When thinking about creating a video game, there are multiple questions that pop to your head almost instantly:
- What engine will we be using?
- What are the main mechanics of the game?
- What kind of art style do we want to achieve? etc.
When creating a VR game, these questions come 2nd. First, you have to answer the following and more:
- (If creating a room scale game) Do we have the space?
- Will we have enough equipment for the team to test the game on?
- If we do, how do we prevent problems like losing tracking?
- What is fun in VR? etc.
These were some of the questions we had to answer when we were creating our first VR game, Mouse Playhouse, even before we thought about what engine or what mechanics we were going to have in the game. I was the producer for Mouse Playhouse, the first VR game created at the SMU Guildhall.
Before we created the game, we tasked our level designers to play as many VR games as possible in order to understand the hardware. We wanted to capture what was fun in VR while maintaining the scope we had for our project. After we solidified our idea, completed several prototypes and moved on to production. However, we had to worry about several aspects that were different from our previous experience of creating traditional video games.
Our team decided to create a game for the HTC Vive which meant we had to find a space that could fit as many Vives as possible. We managed to secure the largest room at the Guildhall for this project. Once we got this space, we were able to fit four HTC Vives (one for each department:art, level design and programming and one for QA). We also marked each area with gaffer tape so that our room scale was the same every time we had to run the room scale set up on SteamVR.
Simulated VR Experience
Our team was a total of 18 developers and with only four Vives, it meant we had to either be very efficient when using them or take some time to create tools to help our team when others were using the Vives. Our programming department created a tool within Unreal Engine that would simulate the VR experience. They attached two controllers to the camera and used the mouse to simulate movement. This helped our developers play the game without using the Head Mounted Display (HMD). However, assets do look different (scale, textures, etc.) when using the HMD so we still had to test everything with the headset on. Therefore, the department leads had to approve assets while wearing the headset in order to make sure they followed and met our quality standards.

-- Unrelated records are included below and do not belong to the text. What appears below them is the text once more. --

//! The paths that names of files stand for.

ghost use Rattle.std.specs.Prelude.{◌≡◌, IfOk};
ghost use Rattle.name_tree.specs.Paths.{is_root};
ghost use Rattle.core_windows.specs.Windows.{window_at};
ghost use Rattle.core_actions.specs.Paths.{without_last_slash, without_slash, path_named, is_place, place_or_fault};
ghost use Rattle.core_actions.specs.Paths.{named_or_fault, name_or_own, path_of};

use crate::fault::ActionFault;
use crate::seen::{dir_at, name_at};
use acme_cmd::{is_path, whole};
use am_text::{NoMemory, Rune, Runes, SLASH};
use core_scene::Windows;
use std::alloc::Global;

/// Whether the path is `/`.
pub(crate) fn is_root(path: &[Rune]) -> bool
    ensures { result ≡ is_root path.now }
{
    match path {
        [rune] => *rune == SLASH,
        _ => false,
    }
}

// A name without a last `/`.
fn without_last_slash(name: &[Rune]) -> &[Rune]
    ensures { result.now ≡ without_last_slash name.now }
{
    match name.strip_suffix(&[SLASH]) {
        Some(front) => front,
        None => name,
    }
}

/// A name without a last `/`, which `/` itself keeps.
pub(crate) fn without_slash(name: &[Rune]) -> &[Rune]
    ensures { result.now ≡ without_slash name.now }
{
    if is_root(name) {
        name
    } else {
        without_last_slash(name)
    }
}

/// The path of a name that is made whole with a directory.
pub(crate) fn path_named(alloc: Global, dir: &[Rune], name: &[Rune]) -> Result<Runes, NoMemory>
    ensures { IfOk result (λ path. path ≡ path_named dir.now name.now) }
{
    let name = whole(alloc, dir, name)?;
    Runes::copied(alloc, without_slash(name.as_slice()))
}

/// Whether a file or a directory may be there.
pub(crate) fn is_place(path: &[Rune]) -> bool
    ensures { result ≡ is_place path.now }
{
    is_root(path) || is_path(path)
}

fn place_or_fault(path: Runes) -> Result<Runes, ActionFault>
    ensures { result ≡ place_or_fault path }
{
    if is_place(path.as_slice()) {
        Ok(path)
    } else {
        Err(ActionFault::FileNotFound)
    }
}

fn named_or_fault(
    alloc: Global,
    dir: &[Rune],
    name: &[Rune],
) -> Result<Result<Runes, ActionFault>, NoMemory>
    ensures { IfOk result (λ path. path ≡ named_or_fault dir.now name.now) }
{
    if name.is_empty() {
        return Ok(Err(ActionFault::NoFileName));
    }
    Ok(place_or_fault(path_named(alloc, dir, name)?))
}

// The name, or the other one where it is empty.
fn name_or_own<'a>(own: &'a [Rune], name: &'a [Rune]) -> &'a [Rune]
    ensures { result.now ≡ name_or_own own.now name.now }
{
    if name.is_empty() { own } else { name }
}

/// The path of the argument of Get or Put, or else of the window's name, made whole with the window's
/// directory; or why there is none.
pub fn path_of(
    alloc: Global,
    windows: &Windows,
    window: u32,
    name: &[Rune],
) -> Result<Result<Runes, ActionFault>, NoMemory>
    ensures { IfOk result (λ path. path ≡ path_of (window_at windows.now.present window) name.now) }
{
    let own = name_at(alloc, windows, window)?;
    let dir = dir_at(alloc, windows, window)?;
    named_or_fault(alloc, dir.as_slice(), name_or_own(own.as_slice(), name))
}
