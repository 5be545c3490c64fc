//! Del and Delete.

ghost use Rattle.std.specs.Prelude.{◌≡◌, IsSome, IfOk, OnOk};
ghost use Rattle.core_windows.specs.Windows.{window_at};
ghost use Rattle.core_scene.specs.Scenes.{scene_of, kept_of, Did};
ghost use Rattle.core_actions.specs.Deleting.{delete_deeds, warning, warn_deeds, del_deeds};

use crate::deeds::set_in_window;
use crate::errors::append_errors;
use crate::seen::{asks, dir_at, name_at};
use am_text::{NoMemory, Runes, put_words};
use core_scene::{Change, Deed, Entry, Scene, Setting};
use std::alloc::Global;

// What is said of a window that is modified.
#[tactic(auto, unfolding(crate::specs::Deleting::warning))]
fn warning(name: Runes) -> Result<Runes, NoMemory>
    ensures { IfOk result (λ text. text ≡ warning name) }
{
    let mut text = name;
    put_words(&mut text, b" modified\n")?;
    Ok(text)
}

/// Delete: a window is deleted, modified or not.
pub fn delete(alloc: Global, scene: &mut Scene, entry: Entry, window: u32) -> Result<(), NoMemory>
    requires { IsSome (window_at scene.old.windows.present window) }
    ensures ok { OnOk result (Did entry (scene_of scene.old) (scene_of scene.new)
        (delete_deeds window (scene_of scene.old))) }
    ensures kept { kept_of scene.new ≡ kept_of scene.old }
{
    scene.act(alloc, entry, Deed::Windows(Change::Deletes { window }))
}

// The window counts as unmodified, and this is said in its directory's errors window.
#[tactic(auto, using(crate::proofs::Windows::joins))]
fn warn(alloc: Global, scene: &mut Scene, entry: Entry, window: u32) -> Result<(), NoMemory>
    requires { IsSome (window_at scene.old.windows.present window) }
    ensures ok { OnOk result (Did entry (scene_of scene.old) (scene_of scene.new)
        (warn_deeds entry window (scene_of scene.old))) }
    ensures kept { kept_of scene.new ≡ kept_of scene.old }
{
    let dir = dir_at(alloc, &scene.windows, window)?;
    let text = warning(name_at(alloc, &scene.windows, window)?)?;
    set_in_window(alloc, scene, entry, window, Setting::Clean)?;
    append_errors(alloc, scene, entry, dir.as_slice(), text)
}

/// Del: a window is deleted. One that is modified only counts as unmodified from then on, and is named in its
/// directory's errors window, unless its name is empty, a directory's, or one of an errors window.
#[tactic(auto, using(crate::proofs::Windows::joins))]
pub fn del(alloc: Global, scene: &mut Scene, entry: Entry, window: u32) -> Result<(), NoMemory>
    requires { IsSome (window_at scene.old.windows.present window) }
    ensures ok { OnOk result (Did entry (scene_of scene.old) (scene_of scene.new)
        (del_deeds entry window (scene_of scene.old))) }
    ensures kept { kept_of scene.new ≡ kept_of scene.old }
{
    if asks(&scene.windows, window) {
        warn(alloc, scene, entry, window)
    } else {
        delete(alloc, scene, entry, window)
    }
}
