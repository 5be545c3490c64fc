//! What actions see of a window; of one that doesn't live, nothing.

ghost use Rattle.std.specs.Prelude.{◌≡◌, length, IfOk};
ghost use Rattle.win_text.specs.Bodies.{IsInside};
ghost use Rattle.core_windows.specs.Possible.{text_in};
ghost use Rattle.core_windows.specs.Windows.{window_at};
ghost use Rattle.core_actions.specs.Seen.{name_of, dir_of, dot_of, dot_text, fits, is_dir_name, is_guarded, asks};

use am_text::{Letters, NoMemory, Range, Rune, Runes, SLASH};
use core_scene::Windows;
use std::alloc::Global;
use win_ctl::{ERRORS, directory};
use win_text::BODY_RUNES;

/// The null range at the front.
pub(crate) const FRONT: Range = Range { q0: 0, q1: 0 };

/// Whether a body of so many runes has room for so many more.
pub fn fits(len: usize, more: usize) -> bool
    ensures { result ≡ fits len more }
{
    more <= BODY_RUNES && len <= BODY_RUNES - more
}

// Whether this is the name of a directory.
fn is_dir_name(name: &[Rune]) -> bool
    ensures { result ≡ is_dir_name name.now }
{
    name.ends_with(&[SLASH])
}

fn is_guarded(name: &[Rune]) -> bool
    ensures { result ≡ is_guarded name.now }
{
    !name.is_empty() && !is_dir_name(name) && !name.ends_with(&ERRORS)
}

/// Whether a window is modified, and its name is one that `del` and Del ask of: not an empty one, a directory's, or
/// one of an errors window.
pub fn asks(windows: &Windows, window: u32) -> bool
    ensures { result ≡ asks (window_at windows.now.present window) }
{
    match windows.get(window) {
        Some(pane) => pane.modified && is_guarded(pane.name.as_slice()),
        None => false,
    }
}

/// The name of a window.
pub fn name_at(alloc: Global, windows: &Windows, window: u32) -> Result<Runes, NoMemory>
    ensures { IfOk result (λ name. name ≡ name_of (window_at windows.now.present window)) }
{
    match windows.get(window) {
        Some(pane) => Runes::copied(alloc, pane.name.as_slice()),
        None => Ok(Runes::new(alloc)),
    }
}

/// The directory of a window's name.
pub fn dir_at(alloc: Global, windows: &Windows, window: u32) -> Result<Runes, NoMemory>
    ensures { IfOk result (λ dir. dir ≡ dir_of (window_at windows.now.present window)) }
{
    let name = name_at(alloc, windows, window)?;
    directory(alloc, name.as_slice())
}

/// How many runes the body of a window has.
pub fn size_at(windows: &Windows, window: u32) -> usize
    ensures { result ≡ length (text_in (window_at windows.now.present window)) }
{
    match windows.get(window) {
        Some(pane) => pane.body.len(),
        None => 0,
    }
}

/// The text of a window's body.
pub(crate) fn text_at(alloc: Global, windows: &Windows, window: u32) -> Result<Runes, NoMemory>
    ensures { IfOk result (λ text. text ≡ text_in (window_at windows.now.present window)) }
{
    match windows.get(window) {
        Some(pane) => pane.body.text(),
        None => Ok(Runes::new(alloc)),
    }
}

/// What is selected in a window.
pub fn dot_at(windows: &Windows, window: u32) -> Range
    ensures exact { result ≡ dot_of (window_at windows.now.present window) }
    ensures inside { IsInside (text_in (window_at windows.now.present window)) result }
{
    match windows.get(window) {
        Some(pane) => {
            // law: the ranges of a body are inside its text
            pane.body.is_sound();
            pane.body.dot()
        }
        None => FRONT,
    }
}

/// The text that is selected in a window.
pub fn dot_text_at(alloc: Global, windows: &Windows, window: u32) -> Result<Runes, NoMemory>
    ensures { IfOk result (λ text. text ≡ dot_text (window_at windows.now.present window)) }
{
    match windows.get(window) {
        Some(pane) => {
            // law: the ranges of a body are inside its text
            pane.body.is_sound();
            let dot = pane.body.dot();
            pane.body.slice(dot.q0, dot.q1)
        }
        None => Ok(Runes::new(alloc)),
    }
}
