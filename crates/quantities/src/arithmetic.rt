//! The order of quantities, sums and differences.
ghost use Rattle.std.specs.Prelude.{◌≡◌, ◌+ℤ◌, ◌-ℤ◌};
ghost use Rattle.quantities.specs.Quantities as specs;

use crate::amount::Quantity;
use crate::quantity_error::QuantityError;
use std::cmp::Ordering;

impl Quantity {
    /// The order of the numbers (`compareTo`, `isLessThan`, `isGreaterThan`).
    pub fn compare(self, other: Quantity) -> Ordering
        ensures { result ≡ specs.order_of self.billionths other.billionths }
    {
        if self.billionths < other.billionths {
            Ordering::Less
        } else if other.billionths < self.billionths {
            Ordering::Greater
        } else {
            Ordering::Equal
        }
    }

    /// The sum, or `TooLarge` if its billionths do not fit 128 bits.
    pub fn add(self, other: Quantity) -> Result<Quantity, QuantityError>
        ensures { result ≡ specs.fitting (self.billionths +ℤ other.billionths) }
    {
        match self.billionths.checked_add(other.billionths) {
            Some(billionths) => Ok(Quantity { billionths }),
            None => Err(QuantityError::TooLarge),
        }
    }

    /// The difference, or `TooLarge` if its billionths do not fit 128 bits.
    pub fn sub(self, other: Quantity) -> Result<Quantity, QuantityError>
        ensures { result ≡ specs.fitting (self.billionths -ℤ other.billionths) }
    {
        match self.billionths.checked_sub(other.billionths) {
            Some(billionths) => Ok(Quantity { billionths }),
            None => Err(QuantityError::TooLarge),
        }
    }
}
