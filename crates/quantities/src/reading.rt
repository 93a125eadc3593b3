//! Texts as quantities in parts.
ghost use Rattle.std.specs.Prelude.{◌≡◌, option_map};
ghost use Rattle.quantities.specs.Quantities as specs;
ghost use Rattle.text_numbers.specs.Numbers.{number_view};

use crate::held::is_held;
use crate::spelled::Spelled;
use crate::suffixes::unit_of;
use crate::unit::Unit;
use text_numbers::{Number, has_minus, number_at, without_sign};

/// Whether the parts are a quantity: with a digit, or held as 0.
fn is_number(spelled: &Spelled) -> bool
    ensures { result ≡ specs.is_number (specs.spelled_view spelled.now) }
{
    !(spelled.whole.is_empty() && spelled.fraction.is_empty()) || is_held(spelled)
}

/// The parts of a number with its sign and unit, if they are a quantity.
fn with_unit<'t>(minus: bool, number: &Number<'t>, unit: Unit) -> Option<Spelled<'t>>
    ensures { option_map specs.spelled_view result ≡ specs.with_unit minus (number_view number.now) unit }
{
    let spelled = Spelled {
        minus,
        whole: number.whole,
        fraction: number.fraction,
        unit,
    };
    if is_number(&spelled) {
        Some(spelled)
    } else {
        None
    }
}

/// The parts of a number with its sign, if what follows is the suffix of a quantity.
fn parts<'t>(minus: bool, number: &Number<'t>) -> Option<Spelled<'t>>
    ensures { option_map specs.spelled_view result ≡ specs.parts_of minus (number_view number.now) }
{
    match unit_of(number.rest) {
        Some(unit) => with_unit(minus, number, unit),
        None => None,
    }
}

/// The parts of the quantity that the text spells, or `None` for any other text.
#[tactic(auto, unfolding(crate::specs::Quantities::spelled_of))]
pub fn spelled(text: &[u8]) -> Option<Spelled<'_>>
    ensures { option_map specs.spelled_view result ≡ specs.spelled_of text.now }
{
    let number = number_at(without_sign(text));
    if text.is_empty() {
        None
    } else {
        parts(has_minus(text), &number)
    }
}
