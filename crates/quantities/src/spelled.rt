//! A quantity as it is spelled.
use crate::unit::Unit;

/// The parts of a quantity in a text. Either list of digits may be empty.
#[derive(Clone, Copy, Debug)]
pub struct Spelled<'t> {
    /// Whether the text begins with a minus.
    pub minus: bool,
    /// The decimal digits before the point.
    pub whole: &'t [u8],
    /// The decimal digits after the point.
    pub fraction: &'t [u8],
    /// The unit of the suffix.
    pub unit: Unit,
}
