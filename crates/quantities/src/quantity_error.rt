//! Why a text gives no quantity.

use thiserror::Error;

/// Why a text or a sum gives no quantity.
#[derive(Clone, Copy, Debug, PartialEq, Eq, Error)]
pub enum QuantityError {
    /// The text is not a quantity.
    #[error("not a quantity")]
    NotAQuantity,
    /// The digits, times the power of 2 of a binary suffix, or the billionths of the quantity do not fit 127 bits.
    #[error("a quantity of more than 127 bits")]
    TooLarge,
}
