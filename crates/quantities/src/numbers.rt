//! The mantissa and the scale of a quantity.
ghost use Rattle.std.specs.Prelude.{◌≡◌, ◌-◌, ◌^◌, ◌≤ℤ◌, min, pos, negsuc};
ghost use Rattle.quantities.specs.Quantities as specs;

use crate::spelled::Spelled;
use crate::unit::Unit;
use text_numbers::joined_number;

/// The factor of a unit, capped at the greatest `u128`.
fn factor(unit: Unit) -> u128
    ensures { result ≡ min (specs.factor unit) (2 ^ 128 - 1) }
{
    match unit {
        Unit::Decimal(_) => 1,
        Unit::Binary(bits) => 2u128.saturating_pow(bits),
    }
}

/// The power of 10 of a unit.
fn exponent(unit: Unit) -> i64
    ensures { result ≡ specs.exponent unit }
{
    match unit {
        Unit::Decimal(exponent) => exponent,
        Unit::Binary(_) => 0,
    }
}

/// The number without its point, times the factor of its unit, capped at the greatest `u128`.
#[tactic(auto, using(crate::proofs::Caps::product))]
pub fn mantissa(spelled: &Spelled) -> u128
    ensures { result ≡ min (specs.mantissa (specs.spelled_view spelled.now)) (2 ^ 128 - 1) }
{
    let digits = joined_number(spelled.whole, spelled.fraction);
    digits.saturating_mul(factor(spelled.unit))
}

/// The power of 10 that the mantissa is multiplied by.
pub fn scale(spelled: &Spelled) -> i128
    ensures value { result ≡ specs.scale (specs.spelled_view spelled.now) }
    ensures low { negsuc (2 ^ 65) ≤ℤ result }
    ensures high { result ≤ℤ pos (2 ^ 65) }
{
    exponent(spelled.unit) as i128 - spelled.fraction.len() as i128
}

The Vive uses base stations to track the headset. When you have 8 base stations in close proximity, they start talking to each other and confusing themselves. We took several attempts to fix this problem but we ultimately found that the best way to get around it was to create physical boundaries between each of the Vive stations. We first used whiteboards to try to remedy the problem but we found that the reflective surfaces didn't really work for us. Then we tried putting blankets on the whiteboards and it seemed to help but now they were too short. We then found a big frame used for photo ops and hung the blankets on it and that seemed to do the trick. So once we solved that problem, we purchased big curtains to create walls for each station and our problems of losing tracking were a thing of the past.
Lastly, in order to have a successful VR game, the game must feel comfortable and not make people sick. This is why VR games must always be at or above 90 Frames Per Second (FPS). This is an issue that is particular for VR and was a huge deal when making our game. So in order to make sure our game followed that rule, our programmers stuck an FPS tracker right under the left controller. Whenever we needed to check the FPS while in VR, we looked down and turned the controller over to see what levels were causing the problem. This became a critical check when we creating new puzzles in the more complicated levels.
So just as a warning, do not underestimate these problems because they are new to development. Even with our accelerated deadlines, we managed to overcome them and finish the game on time. These new problems are a small shift from traditional game development but I feel have only helped our industry grow. Although VR game development is not completely the same as traditional game development, it was still a fun and rewarding experience for us and I would recommend anyone debating about it to go ahead and try it.